Schmoke Hangs Tough on the Budget

June 28, 1993

It's been eons since a Baltimore mayor vetoed a budget bill. So Mayor Kurt L. Schmoke did the unthinkable last week by rejecting a $2 billion budget that, in effect, stripped funds for more police officers to grant long-suffering homeowners a 5-cent cut on the property tax rate.

It was a tough call, but the situation cried out for discipline. Despite City Council Council President Mary Pat Clarke's bluster about an override vote, this veto will stick. Since council members couldn't seem to get the city's priorities straight on their own, the mayor had to do it for them.

The nickel cut in the property tax rate would have saved the average homeowner $20 on his or her annual tax bill. But that benefit has to be balanced against the city's No. 1 quality-of-life issue, which is ensuring that the streets are safe. Public order is government's first responsibility; if people can't feel secure in their own neighborhoods, no amount of tax-cutting is going to persuade them the city is a good place to live.

The mayor recognized that some trade-offs aren't worth making. City police are already understaffed and overstretched. Mr. Schmoke wants to expand community policing to more neighborhoods, put more officers on foot patrol and beef up the department's ability to prevent crime and catch criminals. But the department must have the resources to do the job right.

Over the last 30 years, Baltimore's economy has moved from industrial to service businesses.
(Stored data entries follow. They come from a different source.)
//! What a command answers.
ghost use Rattle.std.specs.Prelude.{◌≡◌, IfOk, Some, option_map, string_bytes};
ghost use Rattle.tsn_outcome.specs.Said.{code_of, flowspan_of, line_of, place_of, settled_of, status_of, stop_of, text_if, violation_number};

use crate::run::{DEVICE, DONE, MEMORY, NO_SCHEDULE, REFUSED, REJECTED, STOPPED};
use crate::stop::{SpanOr, Stop};
use std::alloc::Global;
use std::fmt;
use tsn_cert::FileFault;
use tsn_check::CheckFault;
use tsn_model::{NetFault, NoMemory, Triple, Violation};

/// The kind of a file that is refused.
#[derive(Clone, Copy)]
pub enum FileKind {
    Plan,
    Cert,
}

impl fmt::Display for FileKind {
    ghost use Rattle.tsn_outcome.specs.Said.{kind_text};

    ghost output = { λ kind. Some (kind_text kind) };

    fn fmt<W: fmt::Write>(&self, f: &mut fmt::Formatter<W>) -> fmt::Result {
        match self {
            FileKind::Plan => write!(f, "plan"),
            FileKind::Cert => write!(f, "cert"),
        }
    }
}

/// What a command answers. Flowspans are in nanoseconds. What was settled are nodes of a search, the steps of an argument that was
/// found, or the conflicts that the search for one met. It prints its line, without the line's end.
#[derive(Clone, Copy)]
pub enum Outcome {
    /// The network is taken, and nothing is said of it.
    Taken,
    /// The offsets are a valid schedule.
    Valid {
        flowspan: u64,
    },
    /// They are none, and this is the first reason.
    NotValid(Violation),
    /// The first schedule of least flowspan was found.
    Optimal {
        flowspan: u64,
        settled: usize,
    },
    /// There is no valid schedule.
    NoSchedule {
        settled: usize,
    },
    /// The limit was met, and this is known then.
    Stopped {
        known: Stop,
        settled: usize,
    },
    /// No valid schedule undercuts the plan, of this flowspan where it is a schedule.
    Proved {
        stated: Option<u64>,
        settled: usize,
    },
    /// A valid schedule does.
    Undercut {
        stated: Option<u64>,
        better: u64,
        settled: usize,
    },
    /// The certificate shows that no valid schedule has a lesser flowspan than the plan.
    AcceptedOptimal {
        flowspan: u64,
    },
    /// Nor does another one of that flowspan come before it.
    AcceptedFirst {
        flowspan: u64,
    },
    /// The certificate shows that there is no valid schedule.
    AcceptedNone,
    /// The network file is refused.
    RefusedNetwork(NetFault),
    /// A plan or certificate file is refused.
    RefusedFile(FileKind, FileFault),
    /// The plan isn't as it says.
    RefusedPlan(CheckFault),
    /// The certificate doesn't show what the plan says.
    RefusedCert(CheckFault),
    /// A file is too long.
    TooLong,
    /// There are more streams than the search that was asked for takes.
    TooMany,
    /// A growth was refused.
    NoMemory,
    /// A device failed, of which nothing is said on standard output.
    Failed,
}

impl Outcome {
    /// The status of a run that ends so.
    pub fn status(self) -> u8
        ensures { result ≡ status_of self }
    {
        match self {
            Outcome::Taken
            | Outcome::Valid { .. }
            | Outcome::Optimal { .. }
            | Outcome::Proved { .. }
            | Outcome::AcceptedOptimal { .. }
            | Outcome::AcceptedFirst { .. }
            | Outcome::AcceptedNone => DONE,
            Outcome::RefusedNetwork(_)
            | Outcome::RefusedFile(..)
            | Outcome::TooLong
            | Outcome::TooMany => REFUSED,
            Outcome::NoSchedule { .. } => NO_SCHEDULE,
            Outcome::Stopped { .. } => STOPPED,
            Outcome::NotValid(_)
            | Outcome::Undercut { .. }
            | Outcome::RefusedPlan(_)
            | Outcome::RefusedCert(_) => REJECTED,
            Outcome::NoMemory => MEMORY,
            Outcome::Failed => DEVICE,
        }
    }

    /// The line, with its end; empty where nothing is said.
    #[tactic(auto, using(crate::proofs::SaidLemmas::ended_more))]
    pub fn line(self, alloc: Global) -> Result<String, NoMemory>
        ensures { IfOk result (λ line. string_bytes line ≡ line_of self) }
    {
        let mut line = format!(in alloc; "{self}")?;
        if !line.is_empty() {
            line.push_str("\n")?;
        }
        Ok(line)
    }

    /// The flowspan of the schedule; of an undercut plan and the better one, that of the better one.
    pub fn flowspan(self) -> Option<u64>
        ensures { result ≡ flowspan_of self }
    {
        match self {
            Outcome::Valid { flowspan }
            | Outcome::Optimal { flowspan, .. }
            | Outcome::AcceptedOptimal { flowspan }
            | Outcome::AcceptedFirst { flowspan } => Some(flowspan),
            Outcome::Undercut { better, .. } => Some(better),
            Outcome::Stopped { known, .. } => known.best,
            Outcome::Proved { stated, .. } => stated,
            _ => None,
        }
    }

    /// How many nodes were settled, how many steps an argument has, or how many conflicts were met.
    pub fn settled(self) -> Option<usize>
        ensures { result ≡ settled_of self }
    {
        match self {
            Outcome::Optimal { settled, .. }
            | Outcome::NoSchedule { settled }
            | Outcome::Stopped { settled, .. }
            | Outcome::Proved { settled, .. }
            | Outcome::Undercut { settled, .. } => Some(settled),
            _ => None,
        }
    }

    /// What is known where the limit was met.
    pub fn stop(self) -> Option<Stop>
        ensures { result ≡ stop_of self }
    {
        match self {
            Outcome::Stopped { known, .. } => Some(known),
            _ => None,
        }
    }

    /// The code of what is refused, as `N8`.
    pub fn code(self, alloc: Global) -> Result<Option<String>, NoMemory>
        ensures { IfOk result (λ code. option_map string_bytes code ≡ code_of self) }
    {
        let code = match self {
            Outcome::NotValid(violation) => format!(in alloc; "V{}", violation_number(violation))?,
            Outcome::RefusedNetwork(fault) => format!(in alloc; "{}", fault.code)?,
            Outcome::RefusedFile(_, fault) => format!(in alloc; "C{}", fault.number())?,
            Outcome::RefusedPlan(fault) | Outcome::RefusedCert(fault) => {
                format!(in alloc; "K{}", fault.number())?
            }
            _ => return Ok(None),
        };
        Ok(Some(code))
    }

    /// The place of a fault: a stream, two streams, their link and a lag that isn't 0, or a node or step; of a file, which of them it is.
    pub fn place(self, alloc: Global) -> Result<Option<String>, NoMemory>
        ensures { IfOk result (λ place. option_map string_bytes place ≡ place_of self) }
    {
        Ok(text_if(format!(in alloc; "{}", Place("", self))?))
    }
}

/// A text, where it isn't empty.
#[tactic(auto, using(crate::proofs::SaidLemmas::some_text))]
pub(crate) fn text_if(text: String) -> Option<String>
    ensures { option_map string_bytes result ≡ text_if (string_bytes text) }
{
    if text.is_empty() { None } else { Some(text) }
}

fn violation_number(violation: Violation) -> u8
    ensures { result ≡ violation_number violation }
{
    match violation {
        Violation::WrongCount => 1,
        Violation::PastCycle(_) => 2,
        Violation::Overlap(_) => 3,
        Violation::Early(_) => 4,
        Violation::TooLate(_) => 5,
    }
}

impl fmt::Display for Outcome {
    ghost use Rattle.tsn_outcome.specs.Said.{said};

    ghost output = { λ outcome. Some (said outcome) };

    fn fmt<W: fmt::Write>(&self, f: &mut fmt::Formatter<W>) -> fmt::Result {
        let place = Place(" ", *self);
        match *self {
            Outcome::Taken | Outcome::Failed => Ok(()),
            Outcome::Valid { flowspan } => write!(f, "valid flowspan {flowspan}"),
            Outcome::NotValid(violation) => {
                let number = violation_number(violation);
                write!(f, "not valid V{number}{place}")
            }
            Outcome::Optimal { flowspan, settled } => {
                write!(f, "optimal {flowspan} settled {settled}")
            }
            Outcome::NoSchedule { settled } => write!(f, "no schedule settled {settled}"),
            Outcome::Stopped { known, settled } => {
                let best = SpanOr("none", known.best);
                write!(f, "stopped {best} settled {settled}")
            }
            Outcome::Proved { stated, settled } => {
                let stated = SpanOr("no schedule", stated);
                write!(f, "proved {stated} settled {settled}")
            }
            Outcome::Undercut {
                stated,
                better,
                settled,
            } => {
                let stated = SpanOr("none", stated);
                write!(f, "undercut {stated} by {better} settled {settled}")
            }
            Outcome::AcceptedOptimal { flowspan } => write!(f, "accepted optimal {flowspan}"),
            Outcome::AcceptedFirst { flowspan } => write!(f, "accepted first {flowspan}"),
            Outcome::AcceptedNone => write!(f, "accepted no schedule"),
            Outcome::RefusedNetwork(fault) => write!(f, "refused {fault}"),
            Outcome::RefusedFile(kind, fault) => write!(f, "refused {kind} C{}", fault.number()),
            Outcome::RefusedPlan(fault) => { write!(f, "plan refused K{}{place}", fault.number()) }
            Outcome::RefusedCert(fault) => {
                write!(f, "certificate refused K{}{place}", fault.number())
            }
            Outcome::TooLong => write!(f, "too long"),
            Outcome::TooMany => write!(f, "too many streams"),
            Outcome::NoMemory => write!(f, "no memory"),
        }
    }
}

/// The place of a fault behind a text; nothing where it has none.
#[derive(Clone, Copy)]
struct Place(&'static str, Outcome);

impl fmt::Display for Place {
    ghost use Rattle.tsn_outcome.specs.Said.{place_behind};

    ghost output = { λ place. Some (place_behind place.0.now place.1) };

    fn fmt<W: fmt::Write>(&self, f: &mut fmt::Formatter<W>) -> fmt::Result {
        let before = self.0;
        match self.1 {
            Outcome::NotValid(violation) => match violation {
                Violation::WrongCount => Ok(()),
                Violation::PastCycle(stream)
                | Violation::Early(stream)
                | Violation::TooLate(stream) => write!(f, "{before}stream {stream}"),
                Violation::Overlap(triple) => {
                    let Triple {
                        left,
                        right,
                        link,
                        ..
                    } = triple;
                    write!(f, "{before}{left} {right} {link}{}", Behind(triple.lag))
                }
            },
            Outcome::RefusedNetwork(fault) => write!(f, "{before}{}", fault.place),
            Outcome::RefusedFile(kind, _) => write!(f, "{before}{kind}"),
            Outcome::RefusedPlan(fault) | Outcome::RefusedCert(fault) => match fault.node() {
                Some(node) => write!(f, "{before}node {node}"),
                None => Ok(()),
            },
            _ => Ok(()),
        }
    }
}

/// What follows the link of an overlap: its lag, where that isn't 0.
#[derive(Clone, Copy)]
struct Behind(i64);

impl fmt::Display for Behind {
    ghost use Rattle.tsn_outcome.specs.Said.{lag_text};

    ghost output = { λ lag. Some (lag_text lag.0) };

    fn fmt<W: fmt::Write>(&self, f: &mut fmt::Formatter<W>) -> fmt::Result {
        if self.0 == 0 {
            return Ok(());
        }
        write!(f, " {}", self.0)
    }
}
Meanwhile, federal assistance has declined dramatically and the city's tax base has steadily shrunk.

These transformations all add up to rapid social change, a tumultuous, disruptive process that inevitably spawns a host of social ills. Too often, law enforcement ends up alone on the front lines to cope with the messy consequences. It wouldn't be so in a perfect world, but this one isn't.

No one disputes the need for further tax cuts. Mayor Schmoke has already approved two property tax cuts and proposes slicing another nickel off the rate next year. High taxes drag the economy, sap the enthusiasm of young families who want to stay in the city and burden elderly people living on fixed incomes. But first things first: Make the streets safe. Until that happens, all the talk of tax cuts and rebates is so much grandstanding demagogy.